Reviewed by Amanda Mills

Jonathan Bree: Pre-Code Hollywood

Jonathan Bree’s solo career has taken an interesting journey since 2014 when he began playing with identity and performance styles beneath a ‘faceless’ mask, and intense, string-heavy ballads.

Bree’s new album ‘Pre-Code Hollywood’ has taken this romantic, heavily string-arranged sound, and shifted it towards dark synth-based disco and pop, with some sublime guitar courtesy of Chic’s Nile Rogers. Rogers contributed guitar to the title track and the brilliant disco-funk single Miss You, a duet with between Bree and his frequent collaborator, Princess Chelsea. The pair collaborate again on Destiny, which hits hard as a chilly, intimate, and minimal synth-driven ballad that has Bree’s trademark undercurrent of desolation.

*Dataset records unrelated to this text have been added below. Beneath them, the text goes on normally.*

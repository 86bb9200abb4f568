// A law for proofs of callers, as a function without effect: a user's walk of the page table finds a leaf that permits an
// access if and only if the regions grant the access, alignment aside, and its page is resident.

ghost use Rattle.std.specs.Prelude.{◌≡◌, ◌↔◌, ℕ, true};
ghost use Rattle.address_space.specs.Accesses.{gives_leaf, IsGranted};
ghost use Rattle.address_space.specs.Agreement.{Body, IsSpace};
ghost use Rattle.process_model.specs.Process.{Process};
ghost use Rattle.sv39_entry.specs.declared.access.Access.{Access};
ghost use Rattle.sv39_entry.specs.declared.access.Mode.TheVariants.{User};
ghost use Rattle.table_walk.specs.Leaves.{walk_answer};
ghost use Rattle.table_walk.specs.Tables.{Tables};

/// A law: if a space is a process, the walk of a user access finds a leaf that permits it if and only if no rule of the
/// process's regions denies it, alignment aside, and its page is resident for it.
pub fn walks_grant_what_is_resident()
    ensures { (x : Body) (t : Tables) (p : Process) (access : Access) (address : ℕ) → IsSpace x t p →
        (gives_leaf (walk_answer p.scheme t address access User) ≡ true) ↔ IsGranted p access address }
{}
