// Struct `Part`: a region with which a process starts (segment, guard or stack), and the bytes with which its pages begin.

use crate::region::Region;

/// A region that a process starts with, and the bytes of its pages, from the first page on. The rest of its pages is zeros;
/// bytes past the last page are not used.
#[derive(Clone, Copy)]
pub struct Part<'a> {
    pub region: Region,
    pub bytes: &'a [u8],
}

/// Filler for an unused place of a fixed-size list.
impl Default for Part<'_> {
    ghost use Rattle.std.specs.Prelude.{◌≡◌, []};
    ghost use Rattle.address_space.specs.Layouts.{no_region};

    ghost is_default = { λ p. (p.region ≡ no_region) × (p.bytes.now ≡ []) };

    fn default() -> Self {
        Part {
            region: Region::default(),
            bytes: &[],
        }
    }
}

The album starts with the delicate, light-as-air music box chiming of City Baby, before developing emotional weight and instrumental depth. The ‘Pre-Code Hollywood’ title refers to the period in Hollywood between the end of silent films and the introduction of the censorship guidelines (the Hays Code) which limited cinematic freedoms, freedom of speech, and cultural progression. The title track takes that reference and then applies it to the language and generational gaps of contemporary culture.

The glissando strings of Bree’s earlier albums have not altogether disappeared – Epicurean and Politics feature them, while Politics pairs strings with the synths and disco beats. This album is clearly Bree’s creation – he performed, produced, engineered and mixed it (Nile Rogers co-produced Miss You and Pre-Code Hollywood) and made excellent use of the performances by all instrumentalists and vocalists.

Bree is an exceptional song crafter, and this material is some of the most realised of his career. You get the distinct impression that these songs – like the gorgeous ’80s influenced When We Met – may be more autobiographical than he would like to admit, with the heartbreak sounding very close to the bone. Or then again, maybe that’s just part of the performance.